The indictment of Sebastien Vachon-Dejardins of Quebec, unsealed Wednesday, alleged that he collected over US$27.6 million in payments for hostaged data. Authorities recovered about $454,000 in cryptocurrency allegedly received as ransom payments in three different attacks.  

Vachon-Dejardins is only one actor in the global ransomware operation. NetWalker works as a service, leasable to affiliates like Vachon-Dejardins who carry out attacks on targets of their choosing and split profits with the creators of the service, according to court documents.

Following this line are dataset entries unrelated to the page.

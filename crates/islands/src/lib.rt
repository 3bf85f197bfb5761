// The label of each polygon of a deck: the least number that reaches it (document 01, section 8, `bake_islands_detection`).
// Output and work are the caller's memory, as C lends it, so places in them are numbers: nothing is allocated. Labels, queue and the queue's end are
// three parameters: each function of the walk writes both and moves the end, and a type of the three would be lent on at each call.
#![tactic(auto)]

ghost use Rattle.std.specs.Prelude.{◌≡◌, ◌||◌, ◌++◌, ◌+◌, ◌*◌, ◌≤◌, ◌<◌, eqb, ltb, length, drop, replicate};
ghost use Rattle.words.specs.Bytes.{all_ones, words_of, put_u32, number_at};
ghost use Rattle.ship.specs.Layout.{number_size};
ghost use Rattle.ship.specs.Model.{neighbours_of};
ghost use Rattle.decks.specs.Opened.{opened};
ghost use Rattle.islands.specs.Islands.{list_inside, polygon_inside, question19, islands_check, IslandsWorked, LabelsLeast};
ghost use Rattle.islands.specs.Walk.{no_label, Marked, MarkReady, ListReady, ListRead, PolygonReady, PolygonRead};
ghost use Rattle.islands.specs.Walk.{WalkReady, Walked, LabelReady, LabelsPut};

use answers::{Answer, Refusal};
use decks::{Deck, Ship};
use ship::NUMBER_SIZE;

// An entry that is no polygon, the outside. In a label's place: none yet.
const ALL_ONES: usize = words::ALL_ONES as usize;

// Number k of a slice.
fn number_at(s: &[u8], k: usize) -> usize
    requires { number_size * k + number_size ≤ length s.now }
    ensures { result ≡ number_at s.now k }
{
    words::size_at(s, NUMBER_SIZE * k)
}

fn put_number(s: &mut [u8], k: usize, x: usize)
    requires { (number_size * k + number_size ≤ length s.old) × (x ≤ all_ones) }
    ensures { s.new ≡ put_u32 s.old (number_size * k) x }
{
    words::put_u32(s, NUMBER_SIZE * k, x as u32)
}

// Question 19 of one entry.
fn entry_inside(e: usize, n: usize) -> bool
    ensures { result ≡ (eqb e all_ones || ltb e n) }
{
    e == ALL_ONES || e < n
}

// Of the list of vertex v.
#[tactic(auto, unfolding(crate::specs::Islands::list_inside, words::specs::Rows::every))]
fn list_inside(deck: &Deck<'_>, v: usize, n: usize) -> bool
    requires { v < length deck.now.vertices }
    ensures { result ≡ list_inside n (neighbours_of deck.now v) }
{
    (0..deck.neighbour_count(v)).all(|j| entry_inside(deck.neighbour(v, j) as usize, n))
}

// Of the lists of polygon k's vertices.
#[tactic(auto, unfolding(crate::specs::Islands::polygon_inside, words::specs::Rows::every))]
fn polygon_inside(deck: &Deck<'_>, k: usize, n: usize) -> bool
    requires { k < length deck.now.polygons }
    ensures { result ≡ polygon_inside deck.now n k }
{
    (0..deck.corner_count(k)).all(|c| list_inside(deck, deck.corner(k, c), n))
}

// Of all polygons.
#[tactic(auto, unfolding(crate::specs::Islands::question19, words::specs::Rows::every))]
pub fn entries_inside(deck: &Deck<'_>) -> bool
    ensures { result ≡ question19 deck.now }
{
    let n = deck.polygon_count();
    (0..n).all(|k| polygon_inside(deck, k, n))
}

// Questions 1 to 19.
fn islands_check(file: &[u8], deck: u32) -> Result<Ship<'_>, Refusal>
    ensures { result ≡ opened (islands_check file.now deck) file.now }
{
    let ship = Ship::open(file)?;
    let d = deck as usize;
    if d >= ship.deck_count() {
        return Err(Refusal::NoSuchDeck);
    }
    if !entries_inside(&ship.deck(d)) {
        return Err(Refusal::NoSuchNeighbour);
    }
    Ok(ship)
}

// No label in any of the n places.
fn no_labels(out: &mut [u8], n: usize)
    requires { number_size * n ≤ length out.old }
    ensures { out.new ≡ words_of (replicate n no_label) ++ drop (number_size * n) out.old }
{
    out[..NUMBER_SIZE * n].fill(0xFF);
}

// Polygon e, which i reaches: if it has no label yet it gets i, and goes to the end of the queue. Returns where the queue ends.
fn mark(e: usize, i: usize, tail: usize, out: &mut [u8], work: &mut [u8]) -> usize
    requires { MarkReady e i tail out.old work.old }
    ensures { Marked e i tail out.old out.new work.old work.new result }
{
    if number_at(out, e) != ALL_ONES {
        return tail;
    }
    put_number(out, e, i);
    put_number(work, tail, e);
    tail + 1
}

// Marks each polygon in the list of vertex v.
fn read_list(
    deck: &Deck<'_>,
    v: usize,
    i: usize,
    tail: usize,
    out: &mut [u8],
    work: &mut [u8],
) -> usize
    requires { ListReady deck.now v i out.old work.old tail }
    ensures { ListRead deck.now v i out.old out.new
        work.old work.new tail result }
{
    let end = deck.neighbour_count(v);
    let mut t = tail;
    'entries: for j in 0..end {
        let e = deck.neighbour(v, j) as usize;
        if e == ALL_ONES {
            continue;
        }
        t = mark(e, i, t, out, work);
    }
    t
}

// Marks each polygon in the lists of polygon k's vertices.
fn read_lists(
    deck: &Deck<'_>,
    k: usize,
    i: usize,
    tail: usize,
    out: &mut [u8],
    work: &mut [u8],
) -> usize
    requires { PolygonReady deck.now k i out.old work.old tail }
    ensures { PolygonRead deck.now k i out.old out.new
        work.old work.new tail result }
{
    let end = deck.corner_count(k);
    let mut t = tail;
    'corners: for c in 0..end {
        let v = deck.corner(k, c);
        t = read_list(deck, v, i, t, out, work);
    }
    t
}

// Marks all that i reaches. The queue in `work` is never reset, so each polygon is put there once.
fn walk(deck: &Deck<'_>, i: usize, tail: usize, out: &mut [u8], work: &mut [u8]) -> usize
    requires { WalkReady deck.now i out.old work.old tail }
    ensures { Walked deck.now i out.old out.new work.old work.new result }
{
    let mut t = mark(i, i, tail, out, work);
    let mut head = tail;
    // A while: the end moves.
    'queue: while head < t {
        let k = number_at(work, head);
        head += 1;
        t = read_lists(deck, k, i, t, out, work);
    }
    t
}

// Walks from each polygon in turn, so that the first to reach another is the least.
pub fn label_all(deck: &Deck<'_>, out: &mut [u8], work: &mut [u8])
    requires { LabelReady deck.now out.old work.old }
    ensures { LabelsPut deck.now out.old out.new
        work.old work.new }
{
    // A deck of the walks' own, since what is borrowed is read anew after each write.
    let own = deck.own();
    let n = deck.polygon_count();
    no_labels(out, n);
    let mut tail: usize = 0;
    'starts: for i in 0..n {
        tail = walk(&own, i, tail, out, work);
    }
    words::clear(work);
}

// The labels of a deck's polygons, 4 bytes each. `work` holds the polygons whose lists are still to be read, each once.
pub fn bake_islands_detection(file: &[u8], deck: u32, out: &mut [u8], work: &mut [u8]) -> Answer
    ensures replied { IslandsWorked file.now deck out.old out.new
        work.old work.new result }
    ensures labelled { LabelsLeast file.now deck }
{
    let ship = islands_check(file, deck)?;
    let labelled = ship.deck(deck as usize);
    let n = labelled.polygon_count();
    if !answers::room_for(NUMBER_SIZE, n, work.len()) {
        return Err(Refusal::NoRoom);
    }
    if !answers::room_for(NUMBER_SIZE, n, out.len()) {
        return Err(Refusal::NoRoom);
    }
    label_all(&labelled, out, work);
    Ok(n)
}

If targets don’t pay up, affiliates steal the data they hijacked or in some cases, publish it. 

The cryptocurrency watchdog Chainalysis reported that since it appeared in 2019 it has traced more that $46 million in transactions to NetWalker and identified fewer that 20 different affiliates of the ransomware. 

Authorities in Bulgaria this week assisted the investigation by shutting down the dark web portal used to communicate with and extort NetWalker victims. 

The DOJ encouraged people targeted by the attacks to speak up quickly. 

“Ransomware victims should know that coming forward to law enforcement as soon as possible after an attack can lead to significant results like those achieved in today’s multi-faceted operation,” said Acting Assistant Attorney General Nicholas L. McQuaid.